● AIM OF THE EXERCISE
Beneath this line are the data; copy exactly the part of them that opens with the line containing "it flushes at" and closes with the line containing "impl<W: ByteSink> Write", and only that part.

● RECORDS
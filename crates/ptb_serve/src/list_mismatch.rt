// This file says which list of a request fits no run, and why.

ghost use Rattle.std.specs.Prelude.{◌≡◌};
ghost use Rattle.ptb_serve.specs.ListMismatches.{mismatch_note};

use crate::note::Note;
use ptb_explore::Mismatch;

/// Which list of the request fits no run, by its option, and why.
#[derive(Clone, Copy, Debug, PartialEq, Eq)]
pub enum ListMismatch {
    /// No run begins with the items of `--under`.
    Under(Mismatch),
    /// The items of `--after` are no run of the listing.
    After(Mismatch),
}

impl ListMismatch {
    // The note that refuses the list.
    pub(crate) fn note(self) -> Note
        ensures { result ≡ mismatch_note self }
    {
        match self {
            ListMismatch::Under(_) => Note::NoBeginning,
            ListMismatch::After(_) => Note::NoRun,
        }
    }
}
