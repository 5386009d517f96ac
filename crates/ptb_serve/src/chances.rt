// This file has the table of the chances of a program's runs.

ghost use Rattle.std.specs.Prelude.{◌≡◌};
ghost use Rattle.ptb_options.specs.declared.request.Mode.TheVariants.{Chances};
ghost use Rattle.ptb_machine.specs.Streams.{reads_of, writes_of};
ghost use Rattle.ptb_serve.specs.LoadedPrograms.{IsServed, IsServedOn};

use crate::note::Note;
use ptb_chances::{Watch, write_chances};
use ptb_machine::{Line, read_lines};
use ptb_options::Request;
use ptb_text::{Program, Read, Write};
use std::alloc::Global;

/// Writes the table of a program's runs: each result that a run has, with the sum of the chances of
/// its runs in lowest terms, and their number. The status is 0.
///
/// Nothing is written until the input was read to its end and the table is complete. Until then, the
/// writer may show how far it is.
///
/// # Errors
///
/// [`Note::InputUnread`] where the input could not be read or has more than 16,777,216 bytes, and
/// [`Note::OutOfMemory`] where a growth was refused memory: nothing was written.
/// [`Note::Unwritten`] where the writer failed: a prefix of the table was written.
pub fn list_table<R: Read, W: Write + Watch>(
    alloc: Global,
    request: &Request,
    program: &Program,
    input: &mut R,
    out: &mut W,
) -> Result<u8, Note>
    requires memory { program.now.memory ≡ request.now.memory }
    ensures { IsServed Chances request.now program.now
        (reads_of R.remaining R.given R.failures input.old input.new)
        (writes_of W.contents W.failures out.old out.new) result }
{
    let lines = read_lines(alloc, input)?;
    table_on(alloc, request, program, &lines, out)
}

// Writes the table of a program's runs on the lines of an input that was read. Its caller owns these lines
// and has few exits: each exit of a body is proved with all that the body owns.
fn table_on<W: Write + Watch>(
    alloc: Global,
    request: &Request,
    program: &Program,
    lines: &[Line],
    out: &mut W,
) -> Result<u8, Note>
    requires memory { program.now.memory ≡ request.now.memory }
    ensures { IsServedOn Chances request.now program.now lines.now
        (writes_of W.contents W.failures out.old out.new) result }
{
    write_chances(alloc, program, lines, request.rules, out)?;
    Ok(0)
}
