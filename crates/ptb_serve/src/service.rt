// This file serves a request: it loads the program, and runs it, reports all its runs or a sample of
// them, writes the lists that split its runs or the table of their chances, or lists it or its
// mistakes.

ghost use Rattle.std.specs.Prelude.{◌≡◌, IfSome, IsErrOf, None};
ghost use Rattle.ptb_serve.specs.Prelude.{status, ending_alone, reads_of, writes_of, IsRunStatus, IsServedIn};
ghost use Rattle.ptb_serve.specs.Prelude.{end_line, FailsLoudly, ReadsOnlyWhatIsAsked, Served, ReplyLaws, outcome_of};

use crate::all_runs::{Listing, list_runs};
use crate::attempt::Attempt;
use crate::chances::list_table;
use crate::laws::reply_laws;
use crate::list_mismatch::ListMismatch;
use crate::mistakes::list_mistakes;
use crate::note::Note;
use crate::sample::list_sample;
use crate::shares::{Shares, list_shares};
use crate::text::list_text;
use ptb_chances::Watch;
use ptb_explore::Sample;
use ptb_machine::{Ending, RunEnd, RunFault, run_plain_to_end, run_seeded_to_end};
use ptb_options::{Mode, Request};
use ptb_text::{Program, Read, Write, load};
use std::alloc::Global;

/// The result of serving a request.
#[derive(Clone, Copy, Debug, PartialEq, Eq)]
pub struct Outcome {
    /// The status that the program exits with.
    pub status: u8,
    /// The line that goes to standard error, if there is one.
    pub note: Option<Note>,
    /// Why a list of the request fits no run: with each note that refuses a list, and with no other.
    pub mismatch: Option<ListMismatch>,
    /// Where the limit stopped a run, so that the status is 4, the number of the statement in which
    /// its next command begins. There is none with any other status.
    pub line: Option<u16>,
}

impl Outcome {
    // The status of a request that was served, or the note of one that wasn't.
    fn of(attempt: Attempt) -> Outcome
        ensures { result ≡ record (outcome_of attempt.served) {
          mismatch = attempt.mismatch;
          line = attempt.line;
        } }
    {
        let mismatch = attempt.mismatch;
        let line = attempt.line;
        match attempt.served {
            Ok(status) => Outcome {
                status,
                note: None,
                mismatch,
                line,
            },
            Err(note) => Outcome {
                status: note.status(),
                note: Some(note),
                mismatch,
                line,
            },
        }
    }
}

/// Serves a request: the program is loaded from one reader, and is run on the lines of another, or
/// all its runs or those of a sample are reported, or the lists that split its runs or the table of
/// their chances are written, or it or the mistakes in its text are listed. What it shows, the reports,
/// the lists, the table or the listing go to the writer. While a table is counted, the writer may show
/// how far it is.
///
/// The program is loaded before the input is read: a text that is refused or can't be read leaves the
/// input alone. So does a listing of a program's text or of its mistakes. At most 1,048,577 bytes are
/// read of a program, and at most 16,777,217 of an input, also of one that never ends.
///
/// A run reads its input only as far as it asks for lines: while fewer lines are complete than it
/// wants, at most 4096 bytes at once. With answers instead of lines, a run that took all lines may
/// have looked for another. A report of all runs or of a sample, the lists that split the runs, and the
/// table of their chances take an input that is read to its end.
///
/// A note says why a request isn't served, or not to its end. With [`Note::Unwritten`] a prefix of
/// the reply was written. With [`Note::OutOfMemory`] the reports of the first runs were written where
/// all runs or those of a sample are reported, the first lines where lists are written, and nothing or
/// what the run shows up to a question where it is a run by a seed. With [`Note::InputUnread`] what a
/// run shows before it asks for the line that can't be read was written. With every other note nothing
/// was written. A write that fails always gives [`Note::Unwritten`].
pub fn serve<P: Read, R: Read, W: Write + Watch>(
    alloc: Global,
    request: &Request,
    program: &mut P,
    input: &mut R,
    out: &mut W,
) -> Outcome
    ensures served { Served request.now
        (reads_of P.remaining P.given P.failures program.old program.new)
        (reads_of R.remaining R.given R.failures input.old input.new)
        (writes_of W.contents W.failures out.old out.new) result }
    ensures reads { ReadsOnlyWhatIsAsked request.now
        (reads_of P.remaining P.given P.failures program.old program.new)
        (reads_of R.remaining R.given R.failures input.old input.new) result }
    ensures fails { FailsLoudly
        (reads_of P.remaining P.given P.failures program.old program.new)
        (reads_of R.remaining R.given R.failures input.old input.new)
        (writes_of W.contents W.failures out.old out.new) result }

    // What a reply is, in terms of runs.
    ensures laws { ReplyLaws }
{
    reply_laws();
    match load(alloc, request.memory, program) {
        Ok(program) => Outcome::of(serve_program(alloc, request, &program, input, out)),
        Err(refusal) => Outcome::of(Attempt::without_mismatch(Err(Note::from(refusal)))),
    }
}

// Serves a request for a program that was loaded.
fn serve_program<R: Read, W: Write + Watch>(
    alloc: Global,
    request: &Request,
    program: &Program,
    input: &mut R,
    out: &mut W,
) -> Attempt
    requires memory { program.now.memory ≡ request.now.memory }
    ensures { IsServedIn request.now program.now
        (reads_of R.remaining R.given R.failures input.old input.new)
        (writes_of W.contents W.failures out.old out.new)
        result.served result.mismatch result.line request.now.mode }
{
    match &request.mode {
        Mode::Plain(answers) => {
            let answers = answers.as_slice();
            let ended = run_plain_to_end(alloc, program, answers, request.rules, input, out);
            run_attempt(ended)
        }
        Mode::Seeded(seed) => {
            let ended = run_seeded_to_end(alloc, program, *seed, request.rules, input, out);
            run_attempt(ended)
        }
        Mode::All {
            under,
            after,
            first,
            form,
        } => {
            let listing = Listing::new(under, after, *first, *form);
            list_runs(alloc, request, program, listing, input, out)
        }
        Mode::Shares { answers, form } => {
            let shares = Shares::new(*answers, *form);
            let served = list_shares(alloc, request, program, shares, input, out);
            Attempt::without_mismatch(served)
        }
        Mode::Sample { seed, runs, form } => {
            let sample = Sample {
                seed: *seed,
                runs: *runs,
                form: *form,
            };
            let served = list_sample(alloc, request, program, sample, input, out);
            Attempt::without_mismatch(served)
        }
        Mode::List => Attempt::without_mismatch(list_text(program, out)),
        Mode::Check => Attempt::without_mismatch(list_mistakes(program, out)),
        Mode::Chances => Attempt::without_mismatch(list_table(alloc, request, program, input, out)),
    }
}

// The attempt of a run.
fn run_attempt(ended: Result<RunEnd, RunFault>) -> Attempt
    requires { ¬ IsErrOf (ending_alone ended) RunFault.Spent }
    ensures status { IsRunStatus (ending_alone ended) result.served }
    ensures mismatch { result.mismatch ≡ None }
    ensures line { result.line ≡ end_line ended }
{
    match ended {
        Ok(end) => Attempt {
            served: run_status(Ok(end.ending)),
            mismatch: None,
            line: end.line,
        },
        Err(fault) => Attempt::without_mismatch(run_status(Err(fault))),
    }
}

// The status of a run that ended.
fn ending_status(ending: Ending) -> u8
    ensures { result ≡ status ending }
{
    match ending {
        Ending::End | Ending::Stop => 0,
        Ending::What => 1,
        Ending::How => 2,
        Ending::Sorry => 3,
        Ending::Limit => 4,
        Ending::NoInput => 5,
        Ending::NoAnswer => 6,
        Ending::BadAnswer => 7,
    }
}

// The status of a run that ended, or the note that says why it did not.
fn run_status(ended: Result<Ending, RunFault>) -> Result<u8, Note>
    requires { ¬ IsErrOf ended RunFault.Spent }
    ensures { IsRunStatus ended result }
{
    match ended {
        Ok(ending) => Ok(ending_status(ending)),
        Err(RunFault::Memory) => Err(Note::OutOfMemory),
        Err(RunFault::Read) => Err(Note::InputUnread),
        Err(RunFault::Write) => Err(Note::Unwritten),
        Err(RunFault::Spent) => unreachable!(),
    }
}
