// This file has the writer of standard output, which flushes after each write.

ghost use Rattle.std.specs.Prelude.{◌≡◌};
ghost use Rattle.ptb_text.specs.Device.{DeviceTakes, device_inner, failure_count};
ghost use Rattle.ptb_serve.specs.FlushedDevices.{flushed_device};

use ptb_text::{ByteSink, Device, DeviceFault, Write};

/// Flushes what it writes to at once, so that what a run shows is seen before it waits for input.
///
/// A write whose flush fails has failed, though its bytes may have been taken. That it flushes at
/// all is tested: no contract on bytes can tell it.
#[derive(Drop)]
pub struct FlushingWriter<W> {
    device: Device<W>,
}

impl<W> FlushingWriter<W> {
    /// A writer that flushes `inner` after each write.
    pub fn new(inner: W) -> Self
        ensures inner { device_inner (flushed_device result) ≡ inner }
        ensures unfailed { failure_count (flushed_device result) ≡ 0 }
    {
        FlushingWriter {
            device: Device::new(inner),
        }
    }
}

impl<W: ByteSink> Write for FlushingWriter<W> {
    ghost contents = { λ f. W.contents (device_inner (flushed_device f)) };

    ghost failures = { λ f. failure_count (flushed_device f) };

    ghost takes = { λ f. DeviceTakes W.takes (flushed_device f) };

    fn write(&mut self, bytes: &[u8]) -> Result<usize, DeviceFault> {
        let taken = self.device.write(bytes)?;
        self.device.flush()?;
        Ok(taken)
    }
}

● EXERCISE ANSWER
/// A write whose flush fails has failed, though its bytes may have been taken. That it flushes at
/// all is tested: no contract on bytes can tell it.
#[derive(Drop)]
pub struct FlushingWriter<W> {
    device: Device<W>,
}

impl<W> FlushingWriter<W> {
    /// A writer that flushes `inner` after each write.
    pub fn new(inner: W) -> Self
        ensures inner { device_inner (flushed_device result) ≡ inner }
        ensures unfailed { failure_count (flushed_device result) ≡ 0 }
    {
        FlushingWriter {
            device: Device::new(inner),
        }
    }
}

impl<W: ByteSink> Write for FlushingWriter<W> {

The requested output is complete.